(TASK TO COMPLETE): After reading the data below, copy out every line that contains the word "Coded".

Stored items:
══════

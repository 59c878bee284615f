ghost use Rattle.std.specs.Prelude.{◌≡◌, ◌<◌, ◌==◌, IfSome, IsTrue, length};
ghost use Rattle.std.specs.List.{list_all};
ghost use Rattle.wg_words.specs.declared.limits.TheConstants.{GRID_BOUND as GROUPS};
ghost use Rattle.wg_machine.specs.Grids.{groups_in};
ghost use Rattle.wg_machine.specs.LaunchMeaning.{FitsShape, HasGridOf};
ghost use Rattle.wg_machine.specs.Units.{words_at};
ghost use Rattle.wg_machine.specs.declared.launch.Record.{Record as OfLaunch};

use wg_machine::{Kind, Launch, Record, Shape, count_groups};
use wg_words::Word;
use wg_words::limits::GRID_BOUND;

fn words_in(shape: &Shape, unit: u32) -> u32
    ensures { result ≡ words_at shape.now unit }
{
    match shape.units.get(unit as usize) {
        Some(unit) => unit.words,
        None => 0,
    }
}

fn have_words(records: &[Record], words: u32) -> bool
    ensures { result ≡ list_all (λ (r : OfLaunch). length r.words == words) records.now }
{
    records
        .iter()
        .all(|record| record.words.len() == words as usize)
}

/// The grid of a launch: that given, or 1 1 1 where a launch has no other.
fn grid_for(kind: Kind, grid: [Word; 3]) -> [Word; 3]
    ensures { HasGridOf kind result }
{
    match kind {
        Kind::Thread => [1, 1, 1],
        Kind::Coalescing { most: _ } => [1, 1, 1],
        Kind::Grid { x: _, y: _, z: _ } => grid,
        Kind::GridField {
            first: _,
            parts: _,
            x: _,
            y: _,
            z: _,
        } => grid,
    }
}

fn has_group(grid: &[Word; 3], group: u32) -> bool
    ensures few { IsTrue result → groups_in grid.now < GROUPS }
    ensures inside { IsTrue result → group < groups_in grid.now }
{
    let groups = count_groups(grid);
    groups < u128::from(GRID_BOUND) && u128::from(group) < groups
}

/// A launch as a shape has it; none where it is none of a unit of the shape, as far as its numbers tell.
pub fn fitting(shape: &Shape, launch: Launch) -> Option<Launch>
    ensures { IfSome result (FitsShape shape.now) }
{
    let Launch {
        unit,
        records,
        group,
        grid,
        last,
    } = launch;
    let kind = shape.kind(unit);
    let grid = grid_for(kind, grid);
    if unit as usize >= shape.units.len() || !has_group(&grid, group) {
        return None;
    }
    let count = records.len();
    if count < 1 || count > kind.most_inputs() as usize {
        return None;
    }
    if !have_words(records.as_slice(), words_in(shape, unit)) {
        return None;
    }
    Some(Launch {
        unit,
        records,
        group,
        grid,
        last,
    })
}
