ghost use Rattle.std.specs.Prelude.{◌≡◌, ◌≤◌, IfOk, length};
ghost use Rattle.wg_machine.specs.GoodShape.{IsGoodShape};
ghost use Rattle.wg_machine.specs.LaunchMeaning.{FitsShape};

use crate::fitting::fitting;
use std::alloc::{AllocError, Global};
use wg_buffers::Buffers;
use wg_code::{RawCode, validate};
use wg_coded::Coded;
use wg_guess::{Guess, guess};
use wg_listing::{Graph, Listing, shape_of};
use wg_machine::Launch;
use wg_words::Words;

/// How many words the buffers have.
pub const LENGTHS: [u32; 2] = [64, 8];

/// What became of a row's launch.
#[derive(Drop)]
pub enum Answer {
    /// The guess of the launch, and the buffers after its writes.
    Guessed { guess: Guess, after: Buffers },
    /// The code is not valid.
    Refused,
    /// The launch is none of the graph's.
    Unfit,
    Memory,
}

/// Two buffers of 64 and 8 words that begin with these.
#[tactic(auto, using(crate::proofs::Lengths::two_fit))]
fn two_buffers(alloc: Global, first: Words, second: Words) -> Result<Buffers, AllocError>
    requires first { length first ≤ 64 }
    requires second { length second ≤ 8 }
    ensures { IfOk result (λ buffers. length buffers ≡ 2) }
{
    let start = [first, second];
    let buffers = Buffers::new(alloc, &LENGTHS, &start)?;
    Ok(buffers)
}

fn no_buffers(alloc: Global) -> Result<Buffers, AllocError>
    ensures { IfOk result (λ buffers. length buffers ≡ 0) }
{
    let buffers = Buffers::new(alloc, &[], &[])?;
    Ok(buffers)
}

/// The buffers of a graph that has so many of them, none or two.
fn buffers_for(
    alloc: Global,
    count: usize,
    first: Words,
    second: Words,
) -> Result<Buffers, AllocError>
    ensures { IfOk result (λ buffers. length buffers ≡ count) }
{
    if count == 0 {
        return no_buffers(alloc);
    }
    if count != 2 || first.len() > 64 || second.len() > 8 {
        return Err(AllocError);
    }
    two_buffers(alloc, first, second)
}

/// The answer of a guess over buffers.
fn answer_by(alloc: Global, guess: Guess, over: Buffers) -> Answer {
    let mut after = over;
    match after.apply(alloc, guess.writes.as_slice()) {
        Ok(()) => Answer::Guessed { guess, after },
        Err(_) => Answer::Memory,
    }
}

/// The answer of a launch of code over buffers.
fn guessed(alloc: Global, raw: RawCode, launch: Launch, over: Buffers, turns: u64) -> Answer
    requires good { IsGoodShape raw.shape }
    requires fits { FitsShape raw.shape launch }
    requires many { length over ≡ length raw.shape.buffers }
{
    let Some(code) = validate(raw) else {
        return Answer::Refused;
    };
    let bodies = Coded::new(alloc, code);
    match guess(alloc, &bodies, launch, &over, turns) {
        Ok(guess) => answer_by(alloc, guess, over),
        Err(_) => Answer::Memory,
    }
}

/// The answer to a row of this graph, code, launch, turns and first words of the buffers.
pub fn answer_of(
    alloc: Global,
    graph: Graph,
    listing: Listing,
    launch: Launch,
    turns: u64,
    first: Words,
    second: Words,
) -> Answer {
    let Ok(shape) = shape_of(alloc, graph) else {
        return Answer::Memory;
    };
    let Some(launch) = fitting(&shape, launch) else {
        return Answer::Unfit;
    };
    match buffers_for(alloc, shape.buffers.len(), first, second) {
        Ok(over) => guessed(alloc, listing.into_code(shape), launch, over, turns),
        Err(_) => Answer::Memory,
    }
}
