// A journal of recorded input.
ghost use Rattle.std.specs.Prelude.{◌≡◌, ◌≤◌, ◌<◌, ◌^◌, [], length, slice_get, Some, ℕ, List};
ghost use Rattle.std.specs.List.{All, sum_by};
ghost use Rattle.std.specs.Vec.{vec_len};
ghost use Rattle.input_journal.specs.Form.{IsShort, IsRecorded};
ghost use Rattle.input_journal.specs.Parts.{items_in, AreParts};

use std::alloc::Global;
use std::marker::Model;

/// The items of recorded input, in the order of reading: at most 65,536 of at most 1,048,576 bytes each. It keeps the
/// bytes that it was read from. Each item is a part of them.
#[derive(Drop)]
pub struct Journal {
    pub(crate) bytes: Vec<u8>,
    pub(crate) parts: Vec<Part>,
}

// Where an item is in the bytes.
#[derive(Clone, Copy)]
pub(crate) struct Part {
    pub at: usize,
    pub len: usize,
}

impl Journal {
    /// The journal without items. It takes no memory.
    pub fn none(alloc: Global) -> Journal
        ensures { result ≡ [] }
    {
        Journal {
            bytes: Vec::new(alloc),
            parts: Vec::new(alloc),
        }
    }

    /// The number of items.
    pub fn count(&self) -> u32
        ensures value { result ≡ length self.now }
        ensures few { result ≤ 65536 }
    {
        self.parts.len() as u32
    }

    /// The bytes of the item with this index, counted from 0.
    pub fn item(&self, index: u32) -> &[u8]
        requires { index < length self.now }
        ensures value { slice_get self.now index ≡ Some result.now }
        ensures short { IsShort result.now }
    {
        let part = self.parts[index as usize];
        &self.bytes[part.at..part.at + part.len]
    }

    /// How many bytes all items have together.
    pub fn bytes(&self) -> u64
        ensures value { result ≡ sum_by length self.now }
        ensures few { result ≤ 2 ^ 36 }
    {
        let mut count = 0;
        for index in 0..self.count() {
            count += self.item(index).len() as u64;
        }
        count
    }

    /// Changes nothing. Its contract is a law: the items are recorded input.
    pub fn is_recorded(&self)
        ensures { IsRecorded self.now }
    {
        for index in 0..self.count() {
            are_bytes(self.item(index));
        }
    }
}

impl Model for Journal {
    ghost Value = { List (List ℕ) };

    ghost view = { λ j. items_in j.bytes.items j.parts.items };

    ghost invariant = { λ j. (vec_len j.parts ≤ 65536) × AreParts (length j.bytes.items) j.parts.items };
}

// Does nothing. Bytes are below 256.
fn are_bytes(bytes: &[u8])
    ensures { All (λ b. b < 256) bytes.now }
{}
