// Which digests are known of the states that a session hands out.
ghost use Rattle.std.specs.Prelude.{◌≡◌, ◌<◌, ℕ, List};
ghost use Rattle.std.specs.List.{AllByRecursion};
ghost use Rattle.rv_machine.specs.Prelude.{IsBlankOf};
ghost use Rattle.unit_digests.specs.Prelude.{HasPages};
ghost use Rattle.reverse_runner.specs.Prelude.{HaveRoom, slot_counts};

use crate::sessions::have_room;
use crate::states::first_state;
use crate::undo_tests::{COUNTING, JOURNAL};
use input_journal::{Journal, read_journal};
use keepers::{Keeper, MemoryKeeper};
use level_book::Book;
use plan_types::{Action, Keep};
use reverse_runner::{KnownState, Session, VisitFault, Visitor};
use rv_machine::Steps;
use std::alloc::Global;
use std::marker::Brand;
use std::process::Abort;
use std::sync::ledger::{Blank, Ledger};
use std::test::Fail;
use std::thread::Threads;
use unit_digests::Digesters;

// It reverses one step.
const FORTH: [Action; 2] = [
    Action::Forward {
        from: 0,
        to: 1,
        keep: Keep::Tape,
    },
    Action::EndForward,
];

const BACK: [Action; 2] = [Action::Reverse { from: 1, to: 0 }, Action::EndReverse];

// Counts the states that it gets, and those of which the digest is known.
#[derive(Drop)]
struct Counts {
    states: u32,
    known: u32,
}

impl Visitor for Counts {
    ghost got = { λ old n s journal new. Unit {0} };

    ghost missed = { λ old n s journal new. ⊥ };

    ghost fault_count = { λ counts. 0 };

    fn state(&mut self, _n: u32, state: &KnownState, _journal: &Journal) -> Result<(), VisitFault> {
        self.states = self.states.saturating_add(1);
        if state.known().is_some() {
            self.known = self.known.saturating_add(1);
        }
        Ok(())
    }
}

// Performs an action if it breaks no rule, and says whether it did.
fn goes<K: Keeper, L: Ledger>(
    session: &mut Session,
    action: &Action,
    keepers: &mut Vec<K>,
    counts: &mut Counts,
    steps: &mut Steps<L>,
) -> bool
    requires { HaveRoom session.old.situation.steps session.old.situation.slots (slot_counts K.Storage keepers.old.items) }
    ensures room { HaveRoom session.new.situation.steps session.new.situation.slots (slot_counts K.Storage keepers.new.items) }
    ensures pages { (digesters : List (List ℕ)) → AllByRecursion (HasPages session.old.work) digesters →
        AllByRecursion (HasPages session.new.work) digesters }
{
    match session.config().judge(action) {
        Ok(()) => session.perform(action, keepers, counts, steps).is_ok(),
        Err(_) => false,
    }
}

// Performs two actions if they break no rule, and says whether it did.
fn both_go<K: Keeper, L: Ledger>(
    session: &mut Session,
    actions: &[Action; 2],
    keepers: &mut Vec<K>,
    counts: &mut Counts,
    steps: &mut Steps<L>,
) -> bool
    requires { HaveRoom session.old.situation.steps session.old.situation.slots (slot_counts K.Storage keepers.old.items) }
    ensures room { HaveRoom session.new.situation.steps session.new.situation.slots (slot_counts K.Storage keepers.new.items) }
    ensures pages { (digesters : List (List ℕ)) → AllByRecursion (HasPages session.old.work) digesters →
        AllByRecursion (HasPages session.new.work) digesters }
{
    let [first, second] = actions;
    if goes(session, first, keepers, counts, steps) {
        return goes(session, second, keepers, counts, steps);
    }
    false
}

// Goes forth over one step, a unit of 20 of the machine's, and back, and so many workers take the digests of the tape between.
fn counted<L: Ledger, R: Threads + Sync>(
    rt: &R,
    abort: &impl Abort,
    alloc: Global,
    workers: u32,
    blank: Blank,
) -> Result<Counts, Fail>
    requires { IsBlankOf blank.name blank.parts L.name L.parts }
{
    let journal = read_journal(alloc, Vec::from_slice(alloc, JOURNAL)?)?;
    let mut keepers = vec![in alloc; MemoryKeeper::new(alloc, 1)]?;
    let book = Book::plain(1);
    assert!(abort;
        have_room(keepers.as_slice(), &book, 1),
        "the level has a keeper"
    );
    let mut steps = Steps::<L>::new(blank);
    let mut counts = Counts {
        states: 0,
        known: 0,
    };
    let start = first_state(abort, alloc, &[0x10, 0x11, 0x12], &COUNTING, 0)?;
    let mut digesters = Digesters::begin(alloc, &start, 20, workers)?;
    let mut session = Session::begin(alloc, start, journal, 1, 20, book)?;
    let forth = both_go(&mut session, &FORTH, &mut keepers, &mut counts, &mut steps);
    assert!(abort; forth);
    session.digest_tape(rt, &mut digesters);
    let back = both_go(&mut session, &BACK, &mut keepers, &mut counts, &mut steps);
    assert!(abort; back);
    Ok(counts)
}

// The last state is handed out first, and isn't on the tape.
#[test]
fn the_digests_of_the_states_on_the_tape_are_known(rt: HostRuntime) -> Result<(), Fail> {
    let one = counted::<Brand, _>(&rt, &rt, rt.alloc(), 1, Blank::new(1))?;
    assert_eq!(rt; (one.states, one.known), (21, 0));
    let two = counted::<Brand, _>(&rt, &rt, rt.alloc(), 2, Blank::new(1))?;
    assert_eq!(rt; (two.states, two.known), (21, 20));
    Ok(())
}
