// Shared by the tests of sessions and questions: a list of four steps, the stack's place, and a check of keepers.
ghost use Rattle.std.specs.Prelude.{◌<◌, ◌≤◌, length, slice_index_or};
ghost use Rattle.std.specs.Bool.{OnTrue};
ghost use Rattle.level_book.specs.Prelude.{slots_of, room};
ghost use Rattle.reverse_runner.specs.Prelude.{HaveRoom, slot_counts};

use keepers::Keeper;
use level_book::Book;
use plan_types::Action;

// Where x2 points at the start.
pub(crate) const STACK: u32 = 0xbffffff0;

// Revolve's list for three steps and two slots. It keeps each state. Its images are stored on these levels, and the
// second is moved from this one.
pub(crate) fn three_on(first: u8, second: u8, moved: u8) -> [Action; 12] {
    [
        Action::store(0, 1, first),
        Action::store(1, 2, second),
        Action::tape(2, 3),
        Action::EndForward,
        Action::reverse(3, 2),
        Action::take(1, moved),
        Action::tape(1, 2),
        Action::reverse(2, 1),
        Action::take(0, first),
        Action::tape(0, 1),
        Action::reverse(1, 0),
        Action::EndReverse,
    ]
}

// The same list on one level.
pub(crate) fn three() -> [Action; 12] {
    three_on(0, 0, 0)
}

// A list that reverses four steps over one level with two slots. It loads one state twice. From step 3 on it goes back
// as the list for three steps.
pub(crate) fn four() -> [Action; 16] {
    let mut list = [Action::EndReverse; 16];
    let (front, back) = list.split_at_mut(8);
    front.copy_from_slice(&[
        Action::store(0, 1, 0),
        Action::store(1, 3, 0),
        Action::tape(3, 4),
        Action::EndForward,
        Action::reverse(4, 3),
        Action::load(1, 0),
        Action::advance(1, 2),
        Action::tape(2, 3),
    ]);
    back.copy_from_slice(&three()[4..]);
    list
}

// Whether a level has a keeper with as many slots as a run of so many steps can use.
fn has_room<K: Keeper>(keepers: &[K], book: &Book, k: u8, steps: u32) -> bool
    requires { k < length book.now.levels }
    ensures { OnTrue result ((k < length keepers.now) × (room book.now k steps ≤ slice_index_or (slot_counts K.Storage keepers.now) k 0)) }
{
    match keepers.get(k as usize) {
        Some(keeper) => book.room(k, steps) <= keeper.slots(),
        None => false,
    }
}

// Whether each level has a keeper with as many slots as a run of so many steps can use.
pub(crate) fn have_room<K: Keeper>(keepers: &[K], book: &Book, steps: u32) -> bool
    ensures { OnTrue result (HaveRoom steps (slots_of book.now) (slot_counts K.Storage keepers.now)) }
{
    for k in 0..book.levels() {
        if !has_room(keepers, book, k, steps) {
            return false;
        }
    }
    true
}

══════

(RESULT OF THIS EXERCISE):
use wg_coded::Coded;
    let bodies = Coded::new(alloc, code);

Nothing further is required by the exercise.